Problem details: In the entries below, find the line with "(λ _. outputs.new" and the line with "outputs.now.count ≡ inputs.old.count". Return those two lines and all lines between them, exactly.

Data excerpts:
────────────────────────────────────────
//! The strips on a device.

ghost use Rattle.std.specs.Prelude.{◌≡◌, ◌↔◌, ◌<◌, ◌≤◌, ◌+◌, ◌==◌, ◌⊎◌, [], length, map, option_map, All, IsSome, IsTrue, None, Some};
ghost use Rattle.strips.specs.Plan.{AreApart, AreNear, HasRoomFor, IsFirstFit, IsLaidOut, Moves, is_bad_width, moved_strip, offset_of, strip_of, with_strip, strips_without};

use crate::placed_strip::PlacedStrip;
use arrayvec::ArrayVec;
use std::marker::Model;

/// The largest number of strips in a layout.
pub const MAX_STRIPS: usize = 64;

/// A strip doesn't fit at an offset.
#[derive(Clone, Copy, PartialEq, Eq)]
pub struct NoRoom;

/// The strips on a device of `columns` columns, separated from one another.
#[derive(Drop)]
pub struct StripPlan {
    columns: u32,
    strips: ArrayVec<PlacedStrip, MAX_STRIPS>,
}

impl Model for StripPlan {
    ghost use Rattle.strips.specs.Plan.{Plan, IsLaidOut};

    ghost Value = { Plan };

    ghost view = { λ a. record { columns = a.columns; strips = a.strips.items } };

    ghost invariant = { λ a. IsLaidOut (record { columns = a.columns; strips = a.strips.items }) };
}

impl StripPlan {
    /// Returns the layout of a device of `columns` columns without strips.
    pub fn new(columns: u32) -> Self
        ensures { result ≡ record { columns = columns; strips = [] } }
    {
        StripPlan {
            columns,
            strips: ArrayVec::new(),
        }
    }

    /// Returns whether the layout already has [`MAX_STRIPS`] strips.
    pub fn is_full(&self) -> bool
        ensures value { result ≡ (length self.now.strips == MAX_STRIPS) }
        ensures few { length self.now.strips ≤ MAX_STRIPS }
    {
        self.strips.is_full()
    }

    /// Returns whether no strip of that width fits even on an empty device: the width is zero, or
    /// more than the device's columns.
    pub fn is_bad_width(&self, width: u32) -> bool
        ensures { result ≡ is_bad_width self.now width }
    {
        width == 0 || self.columns < width
    }

    /// Returns the least offset at which a strip of that width is separated from all others; `None`
    /// if there is no such offset.
    pub fn first_fit(&self, width: u32) -> Option<u32>
        ensures { IsFirstFit self.now width result }
    {
        if self.is_bad_width(width) {
            return None;
        }
        for offset in 0..self.columns - width + 1 {
            let strip = PlacedStrip {
                id: 0,
                offset,
                width,
            };
            if is_apart_from_all(&self.strips, strip) {
                return Some(offset);
            }
        }
        None
    }

    /// Returns the offset of the strip with that id; `None` if there is no such strip.
    pub fn offset(&self, id: u32) -> Option<u32>
        ensures value { result ≡ offset_of self.now.strips id }
        ensures laid_out { IsLaidOut self.now }
    {
        self.strips
            .iter()
            .find(|strip| strip.id == id)
            .map(|strip| strip.offset)
    }

    /// Adds a strip at its offset, for example the one that [`StripPlan::first_fit`] returned. The
    /// caller must ensure that the strip fits there, that its id is new, and that the layout is not
    /// full.
    pub fn place(&mut self, strip: PlacedStrip)
        requires { HasRoomFor self.old strip }
        ensures { self.new ≡ with_strip self.old strip }
    {
        self.strips.push(strip);
    }

    /// Moves the strip with that id, which must exist, to that offset. If it would not be separated
    /// from all others there, it returns [`NoRoom`] and the layout stays as it is. Takes no memory.
    pub fn move_to(&mut self, id: u32, offset: u32) -> Result<(), NoRoom>
        requires { IsSome (strip_of self.old.strips id) }
        ensures { Moves self.old id offset result self.new }
    {
        let Some(mut strip) = strip_of(&self.strips, id) else {
            unreachable!()
        };
        if self.columns < strip.width || self.columns - strip.width < offset {
            return Err(NoRoom);
        }
        strip.offset = offset;
        if !is_apart_from_others(&self.strips, strip) {
            return Err(NoRoom);
        }
        move_one(self.strips.as_mut_slice(), id, offset);
        Ok(())
    }

    /// Removes the strip with that id, if there is one.
    pub fn remove(&mut self, id: u32)
        ensures { self.new ≡ record self.old { strips = strips_without self.old.strips id } }
    {
        self.strips.retain(|strip| strip.id != id);
    }
}

/// Returns whether at least one column is unused between the strip and each of `strips`.
fn is_apart_from_all(strips: &[PlacedStrip], strip: PlacedStrip) -> bool
    requires { AreNear strips.now strip }
    ensures { IsTrue result ↔ All (λ s. AreApart s strip) strips.now }
{
    strips.iter().all(|s| {
        s.offset + s.width < strip.offset || strip.offset + strip.width < s.offset
    })
}

/// Returns whether at least one column is unused between the strip and each of `strips` with
/// another id.
fn is_apart_from_others(strips: &[PlacedStrip], strip: PlacedStrip) -> bool
    requires { AreNear strips.now strip }
    ensures { IsTrue result ↔ All (λ s. (s.id ≡ strip.id) ⊎ AreApart s strip) strips.now }
{
    strips.iter().all(|s| {
        s.id == strip.id
            || s.offset + s.width < strip.offset
            || strip.offset + strip.width < s.offset
    })
}

/// Returns the strip with that id, if there is one.
fn strip_of(strips: &[PlacedStrip], id: u32) -> Option<PlacedStrip>
    ensures { result ≡ option_map (λ strip. strip) (strip_of strips.now id) }
{
    strips
        .iter()
        .find(|strip| strip.id == id)
        .map(|strip| *strip)
}

/// Sets the offset of the strip with that id; the others stay as they are.
fn move_one(strips: &mut [PlacedStrip], id: u32, offset: u32)
    ensures { strips.new ≡ map (moved_strip id offset) strips.old }
{
    for place in 0..strips.len() {
        strips[place] = moved_strip(strips[place], id, offset);
    }
}

/// Returns the strip at that offset if it has that id, otherwise unchanged.
fn moved_strip(strip: PlacedStrip, id: u32, offset: u32) -> PlacedStrip
    ensures { result ≡ moved_strip id offset strip }
{
    if strip.id == id {
        PlacedStrip { offset, ..strip }
    } else {
        strip
    }
}
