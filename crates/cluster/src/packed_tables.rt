//! The tables that are stored with a packed circuit, so that its pins and nets can be looked up
//! quickly.
ghost use Rattle.std.specs.Prelude.{◌≡◌, ◌++◌, IfOk, length};
ghost use Rattle.cluster.specs.Prelude.{distinct_nets};
ghost use Rattle.cluster.specs.ClusterPins.{pin_ranks, readers_by_net};
ghost use Rattle.cluster.specs.NetUses.{UsesBlocks, cluster_nets, controls_of, input_nets};
ghost use Rattle.cluster.specs.PackedTables.{AreTablesOf, IsPackedOf};

use crate::block_nets::BlockNets;
use crate::driven_nets::add_nets;
use crate::net_uses::NetUses;
use crate::pin_nets::PinNets;
use crate::pin_ranks::ranks_of;
use arch_file::Arch;
use ble_cluster::Bles;
use blif::Circuit;
use rows::Rows;
use std::alloc::{AllocError, Global};

/// The outside inputs and the clocks of each cluster, the users of each net, the nets between
/// blocks, and the ranks of pins.
#[derive(Drop)]
pub(crate) struct PackedTables {
    pub(crate) inputs: Rows,
    pub(crate) clocks: Rows,
    pub(crate) uses: NetUses,
    pub(crate) nets: BlockNets,
    pub(crate) ranks: Vec<usize>,
}

impl PackedTables {
    /// The tables of a packed circuit. Takes time proportional to its size.
    pub(crate) fn new(
        alloc: Global,
        circuit: &Circuit,
        arch: &Arch,
        bles: &Bles,
        clusters: &Rows,
    ) -> Result<Self, AllocError>
        requires { IsPackedOf (record {
          circuit = circuit.now;
          arch = arch.now;
          clusters = clusters.now;
        }) bles.now }
        ensures { IfOk result (λ tables.
            AreTablesOf (record { circuit = circuit.now; arch = arch.now; clusters = clusters.now })
            tables) }
    {
        let PinNets {
            inputs,
            clocks,
            readers,
        } = PinNets::new(alloc, circuit, bles, clusters)?;
        match uses_of(alloc, circuit, arch, bles, clusters, readers) {
            Ok((uses, nets, ranks)) => Ok(PackedTables {
                inputs,
                clocks,
                uses,
                nets,
                ranks,
            }),
            Err(error) => {
                drop(inputs);
                drop(clocks);
                Err(error)
            }
        }
    }
}

/// The users of each net, the nets between blocks, and the ranks of pins.
fn uses_of(
    alloc: Global,
    circuit: &Circuit,
    arch: &Arch,
    bles: &Bles,
    clusters: &Rows,
    readers: Rows,
) -> Result<(NetUses, BlockNets, Vec<usize>), AllocError>
    requires parts { IsPackedOf (record {
      circuit = circuit.now;
      arch = arch.now;
      clusters = clusters.now;
    }) bles.now }
    requires readers { readers ≡ readers_by_net circuit.now bles.now clusters.now }
    ensures globals { IfOk result (λ made.
        made.0.globals ≡ record {
          count = length circuit.now.nets;
          nets = distinct_nets (controls_of circuit.now.latches);
        }) }
    ensures readers { IfOk result (λ made.
        made.0.readers ≡ readers_by_net circuit.now bles.now clusters.now) }
    ensures nets { IfOk result (λ made.
        made.1 ≡ input_nets circuit.now made.0 (length circuit.now.inputs)
        ++ cluster_nets circuit.now made.0 bles.now clusters.now (length clusters.now)) }
    ensures ranks { IfOk result (λ made. made.2.items ≡ pin_ranks arch.now.pins) }
{
    let uses = NetUses::new(alloc, circuit, readers)?;
    match nets_of(alloc, circuit, arch, bles, clusters, &uses) {
        Ok((nets, ranks)) => Ok((uses, nets, ranks)),
        Err(error) => {
            drop(uses);
            Err(error)
        }
    }
}

/// The nets between blocks, from the users of each net, and the ranks of pins.
fn nets_of(
    alloc: Global,
    circuit: &Circuit,
    arch: &Arch,
    bles: &Bles,
    clusters: &Rows,
    uses: &NetUses,
) -> Result<(BlockNets, Vec<usize>), AllocError>
    requires { UsesBlocks circuit.now uses.now bles.now clusters.now }
    ensures nets { IfOk result (λ made.
        made.0 ≡ input_nets circuit.now uses.now (length circuit.now.inputs)
        ++ cluster_nets circuit.now uses.now bles.now clusters.now (length clusters.now)) }
    ensures ranks { IfOk result (λ made. made.1.items ≡ pin_ranks arch.now.pins) }
{
    let mut nets = BlockNets::new(alloc);
    match add_nets(&mut nets, circuit, uses, bles, clusters) {
        Ok(()) => with_ranks(alloc, arch, nets),
        Err(error) => {
            drop(nets);
            Err(error)
        }
    }
}

/// Adds the ranks of pins to these nets.
fn with_ranks(
    alloc: Global,
    arch: &Arch,
    nets: BlockNets,
) -> Result<(BlockNets, Vec<usize>), AllocError>
    ensures nets { IfOk result (λ made. made.0 ≡ nets) }
    ensures ranks { IfOk result (λ made. made.1.items ≡ pin_ranks arch.now.pins) }
{
    match ranks_of(alloc, arch.pins.as_slice()) {
        Ok(ranks) => Ok((nets, ranks)),
        Err(error) => {
            drop(nets);
            Err(error)
        }
    }
}
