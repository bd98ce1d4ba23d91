//! The nets on the pins of one cluster.
ghost use Rattle.std.specs.Prelude.{◌≡◌, [], IfOk, filter, not};
ghost use Rattle.cluster.specs.Prelude.{has, with_nets, inputs_of, elements_at, outputs_of, clocks_of, outside_inputs};
ghost use Rattle.cluster.specs.ClusterPins.{AreMembersWithin, CanGather, all_clocks_of};

use ble_cluster::{Bles, NetSet};
use std::alloc::{AllocError, Global};

/// The nets on the pins of a cluster, by class. The sets are reused from one cluster to the next.
#[derive(Drop)]
pub(crate) struct ClusterSets {
    pub(crate) outputs: NetSet,
    pub(crate) inputs: NetSet,
    pub(crate) clocks: NetSet,
}

impl ClusterSets {
    /// Empty sets for nets with numbers below `count`.
    pub(crate) fn new(alloc: Global, count: usize) -> Result<Self, AllocError>
        ensures inputs { IfOk result (λ sets. sets.inputs ≡ record { count = count; nets = [] }) }
        ensures outputs { IfOk result (λ sets. sets.outputs ≡ record { count = count; nets = [] }) }
        ensures clocks { IfOk result (λ sets. sets.clocks ≡ record { count = count; nets = [] }) }
    {
        Ok(ClusterSets {
            outputs: NetSet::new(alloc, count)?,
            inputs: NetSet::new(alloc, count)?,
            clocks: NetSet::new(alloc, count)?,
        })
    }

    /// Replaces the nets by those of a cluster with these members.
    pub(crate) fn gather(&mut self, bles: &Bles, members: &[u32]) -> Result<(), AllocError>
        requires { CanGather self.old bles.now members.now }
        ensures inputs { IfOk result (λ _. self.new.inputs
            ≡ record {
              count = self.old.inputs.count;
              nets = outside_inputs (elements_at bles.now members.now);
            }) }
        ensures clocks { IfOk result (λ _. self.new.clocks
            ≡ record {
              count = self.old.inputs.count;
              nets = clocks_of (elements_at bles.now members.now);
            }) }
        ensures outputs_count { IfOk result (λ _. self.new.outputs.count ≡ self.old.inputs.count) }
    {
        self.outputs.clear();
        self.inputs.clear();
        self.clocks.clear();
        add_outputs(&mut self.outputs, bles, members)?;
        add_inputs(&mut self.inputs, &self.outputs, bles, members)?;
        add_clocks(&mut self.clocks, bles, members)?;
        Ok(())
    }
}

/// Adds the nets that the members drive.
fn add_outputs(outputs: &mut NetSet, bles: &Bles, members: &[u32]) -> Result<(), AllocError>
    requires { AreMembersWithin outputs.old.count bles.now members.now }
    ensures { IfOk result (λ _. outputs.new
        ≡ record {
          count = outputs.old.count;
          nets = with_nets outputs.old.nets (outputs_of (elements_at bles.now members.now));
        }) }
{
    for member in members {
        outputs.insert(bles.ble(*member as usize).output)?;
    }
    Ok(())
}

/// Adds the nets that the members read and that none of them drives.
fn add_inputs(
    inputs: &mut NetSet,
    outputs: &NetSet,
    bles: &Bles,
    members: &[u32],
) -> Result<(), AllocError>
    requires members { AreMembersWithin inputs.old.count bles.now members.now }
    requires same_count { outputs.now.count ≡ inputs.old.count }
    ensures { IfOk result (λ _. inputs.new
        ≡ record {
          count = inputs.old.count;
          nets = with_nets inputs.old.nets (filter (λ net. not (has outputs.now.nets net))
              (inputs_of (elements_at bles.now members.now)));
        }) }
{
    for member in members {
        inputs.insert_others(bles.ble(*member as usize).inputs, outputs)?;
    }
    Ok(())
}

/// Adds the clocks of the members.
fn add_clocks(clocks: &mut NetSet, bles: &Bles, members: &[u32]) -> Result<(), AllocError>
    requires { AreMembersWithin clocks.old.count bles.now members.now }
    ensures { IfOk result (λ _. clocks.new
        ≡ record {
          count = clocks.old.count;
          nets = with_nets clocks.old.nets (all_clocks_of (elements_at bles.now members.now));
        }) }
{
    for member in members {
        if let Some(clock) = bles.ble(*member as usize).clock {
            clocks.insert(clock)?;
        }
    }
    Ok(())
}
────────────────────────────────────────
Response to the task:
    ensures { IfOk result (λ _. outputs.new
        ≡ record {
          count = outputs.old.count;
          nets = with_nets outputs.old.nets (outputs_of (elements_at bles.now members.now));
        }) }
{
    for member in members {
        outputs.insert(bles.ble(*member as usize).output)?;
    }
    Ok(())
}

/// Adds the nets that the members read and that none of them drives.
fn add_inputs(
    inputs: &mut NetSet,
    outputs: &NetSet,
    bles: &Bles,
    members: &[u32],
) -> Result<(), AllocError>
    requires members { AreMembersWithin inputs.old.count bles.now members.now }
    requires same_count { outputs.now.count ≡ inputs.old.count }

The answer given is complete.